Rest, Nock point, poundage up or down.
Eastons 2nd edition tuning manual will help you there.

You might want to shorten the arrow by 1/2" increments to get a perfect hole.

When you get a bullet hole at 6 feet, move back to 15 feet and try again.

MAKE SURE YOUR RELEASE IS PERFECT AND YOU DON'T TORQUE THE BOW.

When you are getting perfect holes at 15, move to 30 feet.

After you get perfect holes to 30 feet you can build a few arrows to the length you determined and put on the veins.

`````````````````````````````` ````````
Now to fine tune it.

Walk Back tune. (French tune?)

Set up a target and using a string put a weight on it and dangle it up against the target so the string stays perfectly vertical. You could use tape if you wish but just make sure it's perfectly vertical.


French - 
Step back to 9 feet and shoot at the line. Make perfect shots. Use your 20 pin. Note where they shoot.
Move the REST ever so slightly until you are hitting on the line consistently from 9 feet.

Move back to ten yards and try it again. Shoot at the line with your 20 pin. Move the SIGHT to get hits on the line.
You should be close now.

Or

Walk Back

Again with the weighted string set vertical on the block.
Go out to ten yards and shoot at the line.

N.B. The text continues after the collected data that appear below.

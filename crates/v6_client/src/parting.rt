//! Items that go: what is over, and addresses that other hosts use.

ghost use Rattle.std.specs.Prelude.{◌≡◌, ◌≤◌, length, option_map, IfOk, OnErr, OnOk};
ghost use Rattle.lease6_text.specs.Leases.{ias_content, lease6_content};
ghost use Rattle.v6_client.specs.Calls.{pruned_lease};
ghost use Rattle.v6_client.specs.Clients.{kept_in, plea_content, plea_in};
ghost use Rattle.v6_items.specs.Items as own;
ghost use Rattle.v6_client.specs.Moves as moves;

use crate::leases::{Leases6, Plea6, duid_copied};
use lease6_text::{IaLease, Lease6};
use net_types::NoMemory;
use std::alloc::Global;
use v6_items::{
    Cause6, IaAsk, Parting6, Scope6, ias_asked, ias_lapsed, ias_of, pruned_ias, without,
};

/// The lease without the items that go.
fn thin(alloc: Global, cause: Cause6, kept: &mut Option<Lease6>) -> Result<(), NoMemory>
    ensures kept { OnOk result
        (option_map lease6_content kept.new
        ≡ option_map (moves.thinned_lease cause) (option_map lease6_content kept.old)) }
    ensures err { OnErr result (option_map lease6_content kept.new ≡ option_map lease6_content kept.old) }
{
    if let Some(lease) = kept {
        lease.ias = without(alloc, cause, &lease.ias)?;
    }
    Ok(())
}

/// The lease with the items alone that are asked for and aren't over.
fn prune_in(
    alloc: Global,
    at: u64,
    asks: &[IaAsk],
    kept: &mut Option<Lease6>,
) -> Result<(), NoMemory>
    ensures kept { OnOk result
        (option_map lease6_content kept.new
        ≡ option_map (pruned_lease at asks.now) (option_map lease6_content kept.old)) }
    ensures err { OnErr result (option_map lease6_content kept.new ≡ option_map lease6_content kept.old) }
{
    if let Some(lease) = kept {
        lease.ias = pruned_ias(alloc, at, &lease.ias, asks)?;
    }
    Ok(())
}

/// What a server is asked, without what is over.
fn plea_lapsed(
    alloc: Global,
    at: u64,
    ias: &[IaLease],
    plea: &mut Option<Plea6>,
) -> Result<(), NoMemory>
    ensures { OnOk result
        (option_map plea_content plea.new
        ≡ option_map (moves.plea_lapsed at (ias_content ias.now)) (option_map plea_content plea.old)) }
{
    if let Some(plea) = plea {
        plea.ias = ias_lapsed(alloc, at, ias, &plea.ias)?;
    }
    Ok(())
}

/// What is declined is told by what stands in each IA of the lease.
fn plea_by(alloc: Global, kept: &Option<Lease6>, asks: &[IaAsk]) -> Result<Option<Plea6>, NoMemory>
    requires { length asks.now ≤ 6 }
    ensures { IfOk result
        (λ plea. option_map plea_content plea
        ≡ option_map (moves.plea_by asks.now) (option_map lease6_content kept.now)) }
{
    match kept {
        Some(lease) => Ok(Some(Plea6 {
            server: duid_copied(alloc, &lease.server)?,
            ias: ias_asked(alloc, Scope6::All, &lease.ias, asks)?,
        })),
        None => Ok(None),
    }
}

impl Leases6 {
    /// Held items whose valid lifetime is over go. Where the last one goes the kept lease stays for the step to clear.
    pub(crate) fn lapse(
        &mut self,
        alloc: Global,
        at: u64,
        parting: Parting6,
    ) -> Result<(), NoMemory>
        ensures plea { OnOk result
            (plea_in self.new
            ≡ option_map (moves.plea_lapsed at (own.ias_of (kept_in self.old))) (plea_in self.old)) }
        ensures kept { OnOk result (kept_in self.new ≡ moves.kept_live at parting (kept_in self.old)) }
        ensures err { OnErr result (kept_in self.new ≡ kept_in self.old) }
    {
        plea_lapsed(alloc, at, ias_of(&self.kept), &mut self.plea)?;
        self.leave(alloc, Cause6::Lapse(at), parting)
    }

    /// Items go from the kept lease, unless none stays.
    pub(crate) fn leave(
        &mut self,
        alloc: Global,
        cause: Cause6,
        parting: Parting6,
    ) -> Result<(), NoMemory>
        ensures plea { OnOk result (plea_in self.new ≡ plea_in self.old) }
        ensures kept { OnOk result (kept_in self.new ≡ moves.kept_left cause parting (kept_in self.old)) }
        ensures err { OnErr result (kept_in self.new ≡ kept_in self.old) }
    {
        if !parting.stays {
            return Ok(());
        }
        thin(alloc, cause, &mut self.kept)
    }

    /// Of the kept lease only those items stay that are asked for and aren't over.
    pub(crate) fn prune(&mut self, alloc: Global, at: u64, asks: &[IaAsk]) -> Result<(), NoMemory>
        ensures plea { OnOk result (plea_in self.new ≡ plea_in self.old) }
        ensures kept { OnOk result (kept_in self.new ≡ option_map (pruned_lease at asks.now) (kept_in self.old)) }
        ensures err { OnErr result (kept_in self.new ≡ kept_in self.old) }
    {
        prune_in(alloc, at, asks, &mut self.kept)
    }

    /// A held address is declined, since another host uses it. Where the client wasn't declining before, what is
    /// declined is told from now on by what stood in each IA.
    pub(crate) fn decline(
        &mut self,
        alloc: Global,
        cause: Cause6,
        declining: bool,
        asks: &[IaAsk],
    ) -> Result<(), NoMemory>
        requires { length asks.now ≤ 6 }
        ensures plea { OnOk result
            (plea_in self.new ≡ moves.plea_with declining asks.now (kept_in self.old) (plea_in self.old)) }
        ensures kept { OnOk result (kept_in self.new ≡ option_map (moves.thinned_lease cause) (kept_in self.old)) }
        ensures err { OnErr result (kept_in self.new ≡ kept_in self.old) }
    {
        if !declining {
            self.plea = plea_by(alloc, &self.kept, asks)?;
        }
        thin(alloc, cause, &mut self.kept)
    }
}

Shoot three and note where you are hitting.
Walk back to 20 and do it again.
Then thirty and forty yards.

If you see that the arrow impacts start left at 10 then move right at 20, more right at 30 and more at 40, move your rest until all shots from 10-40 hit on the same side and are vertical.
Then move your sight.

You'll be dang close.

I hope that made sense.

Bill


----------



## bonecollector66 (Mar 2, 2011)

i know for me, the best set up i have found is beman bowhunter 500s.
24 " , 2 "blazers and 100gr slick tricks, total arrow wt 336 gr, @ 259 fps
50.1 ke
for all the bow specs read my sig.
this set up the arrows fly like darts. and plenty of ke


----------



## bonecollector66 (Mar 2, 2011)

imo, 600s should not be used for hunting, theres to much flex on a less than perfect shot (heavy bone).
even some of the 500s dont have business having a broadhead on them.
i want to make sure that i have enough strength to blow threw and not break. 
we owe it to the game we hunt not to wound but to make a clean kill.
would any one hunt elk with a 300 gr arrow?


----------



## threetoe (May 13, 2011)

Bonecollector.

I rarely challenge people here but you sir are wrong.
I totally disagree with you.

Arrow spine has NOTHING to do with the ability to "blow through" game.
A .600 arrow will not break.

It's about shot placement.

Too stiff a spine is not accurate.
A bad shot at 70KE is worse than a good shot at 35KE.


----------



## Stubby'smom (Mar 20, 2010)

You should really go on Gold Tips website and email Tim G with your questions. Or better yet, call him. I am not a hunter (will try again this year though) but a good arrow set up is also important for target shooters. I am just learning and understanding all of this myself. I am purchasing Gold Tip kinetic arrows for field archery and they are 3555 500 spine. They will be cut to about 26" shaft (I'm a 28.5" draw) and I will be shooting them around 45-48lbs. I let Tim build them for me and he says 125 grain tips with 1.75" vanes. He also said 100 grain tips would be ok. Then he went into detail about rests and how important they are to good arrow flight. I will not get into it here, but that man is really willing to help others learn and shoot their best.


----------



## crowinghen (Oct 2, 2011)

I e-mailed Tim- never got a response... ??
Susie


----------



## Juliet (Sep 2, 2011)

I just bought Easton Ions, hunting arrows designed for lower poundage and shorter draw lengths.


----------



## tpcowfish (Aug 11, 2008)

Maybe you could pm Nuts and bolts, on here, he could set ya up perfectly, im sure,


----------



## doegirl (Sep 22, 2004)

bonecollector66 said:


> imo, 600s should not be used for hunting, theres to much flex on a less than perfect shot (heavy bone).
> even some of the 500s dont have business having a broadhead on them.
> i want to make sure that i have enough strength to blow threw and not break.
> we owe it to the game we hunt not to wound but to make a clean kill.
> would any one hunt elk with a 300 gr arrow?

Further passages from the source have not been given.